Business names and other disclosures: A reminder
A recent complaint assessed by the ICAS Investigation Committee has highlighted the requirement for members and affiliates to be mindful of their statutory requirements concerning trading disclosures.
The complaint concerned a member who had issued correspondence which failed to fulfil statutory requirements regarding business letters. The letter, which was generated via an outsourced third-party mailing fulfilment firm, did not include the company’s registered office or registered number.
Regulations made under the Companies Act 2006 require a company or Limited Liability Partnership (LLP) to display its name at its registered office and other places of business, on business documents and on websites. The purpose of the regulations is to ensure that the legal identity of every company and LLP is revealed to anyone who has, or may wish to have, dealings with it.
The requirements are set out in Part 6 of the Company, Limited Liability Partnership and Business (Names and Trading Disclosures) Regulations 2015.
Company/LLP name in communications and websites
You must include your company or LLP’s registered name in all forms of business correspondence and documentation, whether in hard copy or electronic. This includes:
- Business letters, notices and other official publications
- Business emails
- Bills of exchange, promissory notes, endorsements and order forms
- Cheques purporting to be signed by or on behalf of the company or LLP
- Orders for money, goods or services purporting to be signed by or on behalf of the company or LLP, bills of parcels, invoices and other demands for payment, receipts and letters of credit
Every company or LLP must also disclose its registered name on its websites. You don’t need to include the company or LLP name on every page but it must be visible and easily read.
Additional information to be disclosed
The company or LLP must display certain information on all its business letters, business emails, order forms and websites, including:
- The part of the United Kingdom in which the company or LLP is registered (ie England and Wales, or Wales, or Scotland, or Northern Ireland).
- The company or LLP’s registered number.
- The address of the company or LLP’s registered office.
- If a company is exempt from the requirement to use ‘limited’ in its name, the fact that it is a limited company.
- In the case of an LLP whose name ends with the abbreviation “llp”, “LLP”, “pac” or “PAC”, the fact that it is an LLP or a partneriaeth atebolrwydd cyfyngedig.
- If it is a company which has chosen to display its share capital, it must display the amount of paid up share capital.
- If the name of a company director or an LLP member is included other than in the text or as a signatory, then the names of every director or LLP member must be disclosed (although a limited exception applies in certain circumstances for LLPs with more than 20 members).

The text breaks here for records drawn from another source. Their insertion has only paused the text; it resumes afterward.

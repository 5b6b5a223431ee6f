// Flushes of a tree, old snapshots over them, what a crash leaves, and what a store that fails.
use crate::rows::Row::{Does, Has, Reads, Shows};
use crate::rows::{Count, Row, TOO_OLD};
use crate::scripts::Opening::{Before, Crashed, Failing};
use crate::scripts::Part::{Fill, FlushGivenUp, FlushOver, Plays, Reopen};
use crate::scripts::{Alike, Script, play_alike, play_all};
use crate::steps::Step::{BeginFlush, Del, Flush, FlushParts, FlushSized, Rotate, Set, Weak};
use crate::steps::Told::{
    Installed, Job, Nothing, Number, Refused, RefusedSealed, Sealed, Size, Unclean,
};
use lsm_state::Fault;

const SNAPSHOTS: [Script; 3] = [
    (
        "snapshots keep their answers over a flush",
        &[Plays(&[
            Does(Set("a", "x"), Number(0)),
            Does(FlushParts(0), Installed),
            Does(Del("a"), Number(2)),
            Shows("a", 0, ""),
            Shows("a", 1, "x"),
            Shows("a", 2, "x"),
            Shows("a", 3, ""),
        ])],
    ),
    (
        "a snapshot below the watermark is too old",
        &[Plays(&[
            Does(Set("a", "1"), Number(0)),
            Does(FlushParts(0), Installed),
            Does(Set("a", "2"), Number(2)),
            Does(FlushParts(3), Installed),
            Shows("a", 1, TOO_OLD),
            Shows("a", 2, "1"),
            Shows("a", 3, "2"),
            Shows("a", 4, "2"),
        ])],
    ),
    (
        "a weak pair is flushed away",
        &[Plays(&[
            Does(Set("a", "x"), Number(0)),
            Does(Weak("a"), Number(1)),
            Does(FlushSized(2), Size(99)),
            Has(Count::Tables, 0),
            Shows("a", 1, "x"),
            Shows("a", 2, ""),
            Shows("a", 3, ""),
        ])],
    ),
];

const JOBS: [Script; 3] = [
    // `FlushOpen`, until it is given up.
    (
        "a second flush waits for the first",
        &[
            Plays(&[
                Does(BeginFlush, Nothing),
                Does(Set("a", "x"), Number(0)),
                Does(Rotate, Sealed(Some(0))),
            ]),
            FlushGivenUp(&[Does(BeginFlush, Refused(13))]),
            Plays(&[Does(BeginFlush, Job)]),
        ],
    ),
    (
        "what is sealed meanwhile stays sealed",
        &[
            Plays(&[
                Does(Set("a", "x"), Number(0)),
                Does(Rotate, Sealed(Some(0))),
            ]),
            FlushOver(
                &[
                    Does(Set("a", "y"), Number(1)),
                    Does(Rotate, Sealed(Some(1))),
                ],
                &[],
                Installed,
            ),
            Plays(&[
                Reads(u64::MAX, 2, &[1], 1, 2),
                Has(Count::Next, 3),
                Has(Count::Tables, 1),
                Has(Count::Sealed, 1),
                Does(BeginFlush, Job),
                Shows("a", 3, "y"),
                Shows("a", 2, "y"),
                Shows("a", 1, "x"),
            ]),
        ],
    ),
    // `TooManyRuns`, after a rotation that stays.
    (
        "a level takes 255 runs",
        &[
            Fill(255),
            Plays(&[
                Does(Set("a", "w"), Number(510)),
                Does(Flush(0), RefusedSealed(14)),
                Shows("a", 511, "w"),
                Has(Count::Runs, 255),
                Has(Count::Tables, 255),
            ]),
        ],
    ),
];

// ---- crashes

/// a = x, flushed.
pub const KEPT: [Row; 2] = [
    Does(Set("a", "x"), Number(0)),
    Does(FlushParts(0), Installed),
];

/// A flush of b = y is refused for the store's sake (`Store`), and the next one is installed.
const FLUSHED_AGAIN: [Row; 5] = [
    Does(Set("b", "y"), Number(2)),
    Does(FlushParts(0), Refused(2)),
    Has(Count::Tables, 1),
    Does(FlushParts(0), Installed),
    Has(Count::Tables, 2),
];

const CRASHES: [Script; 6] = [
    (
        "a crash leaves what was flushed",
        &[
            Plays(&KEPT),
            Plays(&[Does(Set("b", "y"), Number(2))]),
            Reopen(Crashed, 10),
            Plays(&[Shows("a", 10, "x"), Shows("b", 10, "")]),
        ],
    ),
    // `v2` is written and synced, and `current` is what it was.
    (
        "a crash before a flush replaces current leaves what was flushed before",
        &[
            Plays(&KEPT),
            Reopen(Failing(5, Fault::OnceDone), 2),
            Plays(&[
                Does(Set("b", "y"), Number(2)),
                Does(FlushParts(0), Refused(3)),
            ]),
            Reopen(Before("current"), 10),
            Plays(&[
                Has(Count::Tables, 1),
                Shows("a", 10, "x"),
                Shows("b", 10, ""),
            ]),
        ],
    ),
    (
        "a crash after a flush leaves both",
        &[
            Plays(&KEPT),
            Plays(&[
                Does(Set("b", "y"), Number(2)),
                Does(FlushParts(0), Installed),
            ]),
            Reopen(Crashed, 10),
            Plays(&[Shows("a", 10, "x"), Shows("b", 10, "y")]),
        ],
    ),
    // `CommitUnknown`, and then `Unrecoverable`.
    (
        "nothing is committed behind an unknown outcome",
        &[
            Plays(&KEPT),
            Reopen(Failing(5, Fault::Once), 2),
            Plays(&[
                Does(Set("b", "y"), Number(2)),
                Does(FlushParts(0), Refused(3)),
                Does(BeginFlush, Refused(4)),
                Shows("b", 10, "y"),
            ]),
            Reopen(Crashed, 10),
            Plays(&[Shows("a", 10, "x"), Shows("b", 10, "")]),
        ],
    ),
    // The tree goes on, and nothing is lost.
    (
        "a flush whose replacement is known to have done nothing is flushed again",
        &[
            Plays(&KEPT),
            Reopen(Failing(5, Fault::OnceNothing), 2),
            Plays(&FLUSHED_AGAIN),
            Reopen(Crashed, 10),
            Plays(&[Shows("a", 10, "x"), Shows("b", 10, "y")]),
        ],
    ),
    // The write of `v2` fails.
    (
        "a flush whose version is not written changes nothing",
        &[
            Plays(&KEPT),
            Reopen(Failing(3, Fault::Once), 2),
            Plays(&FLUSHED_AGAIN),
            Reopen(Crashed, 10),
            Plays(&[Shows("b", 10, "y")]),
        ],
    ),
];

// ---- faults

/// `Store` of a flush of a = x whose table isn't on the disk: the flush's number isn't used.
const REFUSED: [Row; 3] = [
    Does(Set("a", "x"), Number(0)),
    Does(Flush(0), RefusedSealed(2)),
    Has(Count::Next, 1),
];

/// `Store` of one whose version isn't: the number is used.
const UNCOMMITTED: [Row; 3] = [
    Does(Set("a", "x"), Number(0)),
    Does(Flush(0), RefusedSealed(2)),
    Has(Count::Next, 2),
];

/// A flush writes and syncs its table and `v1`, replaces `current`, and removes `v0` where no snapshot needs it.
const FAILING: Alike = Alike {
    begin: &[],
    scripts: &[
        (
            "the table isn't written",
            &[Reopen(Failing(1, Fault::Once), 0), Plays(&REFUSED)],
        ),
        (
            "the table isn't synced",
            &[Reopen(Failing(2, Fault::Once), 0), Plays(&REFUSED)],
        ),
        (
            "the version isn't written",
            &[Reopen(Failing(3, Fault::Once), 0), Plays(&UNCOMMITTED)],
        ),
        (
            "the version isn't synced",
            &[Reopen(Failing(4, Fault::Once), 0), Plays(&UNCOMMITTED)],
        ),
    ],
    end: &[Plays(&[
        Shows("a", 1, "x"),
        Has(Count::Sealed, 1),
        Does(FlushParts(0), Installed),
    ])],
};

const FAILING_LATE: [Script; 2] = [
    // `CommitUnknown`.
    (
        "current isn't replaced",
        &[
            Reopen(Failing(5, Fault::Once), 0),
            Plays(&[
                Does(Set("a", "x"), Number(0)),
                Does(Flush(0), RefusedSealed(3)),
                Has(Count::Next, 2),
            ]),
        ],
    ),
    (
        "the old version isn't removed",
        &[
            Reopen(Failing(6, Fault::Once), 0),
            Plays(&[
                Does(Set("a", "x"), Number(0)),
                Does(FlushParts(2), Unclean),
                Has(Count::Next, 2),
                Has(Count::Free, 1),
                Shows("a", 1, "x"),
            ]),
        ],
    ),
];

#[test]
fn flushes_take_what_was_sealed_before(rt: HostRuntime) {
    play_all(&rt, rt.alloc(), &SNAPSHOTS);
    play_all(&rt, rt.alloc(), &JOBS);
}

#[test]
fn a_crash_leaves_what_was_committed(rt: HostRuntime) {
    play_all(&rt, rt.alloc(), &CRASHES);
}

#[test]
fn a_flush_whose_store_fails_says_how_far_it_came(rt: HostRuntime) {
    play_alike(&rt, rt.alloc(), &FAILING);
    play_all(&rt, rt.alloc(), &FAILING_LATE);
}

Sole traders and partnerships
Where a sole trader or partnership carries on business under a name that is not their surname or does not use the names of all the partners, their details must be disclosed. This includes the full name of the proprietor, or all the partners for a partnership, and an address at which the business can be contacted and have legal documents formally served on it.
Partnerships of more than 20 partners are not required to disclose details of all the partners in business documents if certain other requirements, set out in section 1203 Companies Act 2006, are met.
The Provision of Services Regulations
Members and affiliates should be aware of their responsibilities under the Provision of Service Regulations 2009. The regulations set out information which service providers, such as accountants and insolvency practitioners, must provide to their clients.
The information to be made available includes:
- Name, legal status of the business and business address;
- Contact details for rapid and direct communication e.g.: email or telephone;
- Contact details for making complaints and information requests;
- Price of services, if pre-determined;
- Main features of service, if not apparent from the context;
- VAT number, if applicable;
- If applicable, trade registration scheme details, authorisation scheme details, and professional body details;
- General terms and conditions, if any;
- Contract terms on governing law and jurisdiction applicable to the business’s service contracts, if any;
- Any after-sales guarantee which provides greater protection than required by law;
- Details of any professional liability insurance which the business is required to have.
The information must be made available or supplied in a clear and unambiguous manner and in good time before the conclusion of the contract/the service is provided. Regulation 8(2) sets out how the information should be 'made available' but, in most cases the information is likely to be contained in the engagement letter.
We also place some restrictions and requirements on firms we regulate.
These include restrictions on firm names, the use of descriptors such as Chartered Accountants, CA and other designations, and the use of social media handles.
There are minor exceptions to some of the above requirements and the legislation should be referred to for full details. Members and affiliates should be particularly mindful when issuing correspondence via an outsourced third-party that it remains their responsibility to ensure that statutory requirements are being met.
Further information and guidance is available in the helpsheet ‘Firm names, disclosure of principals and regulatory status’ available in the General Practice Manual.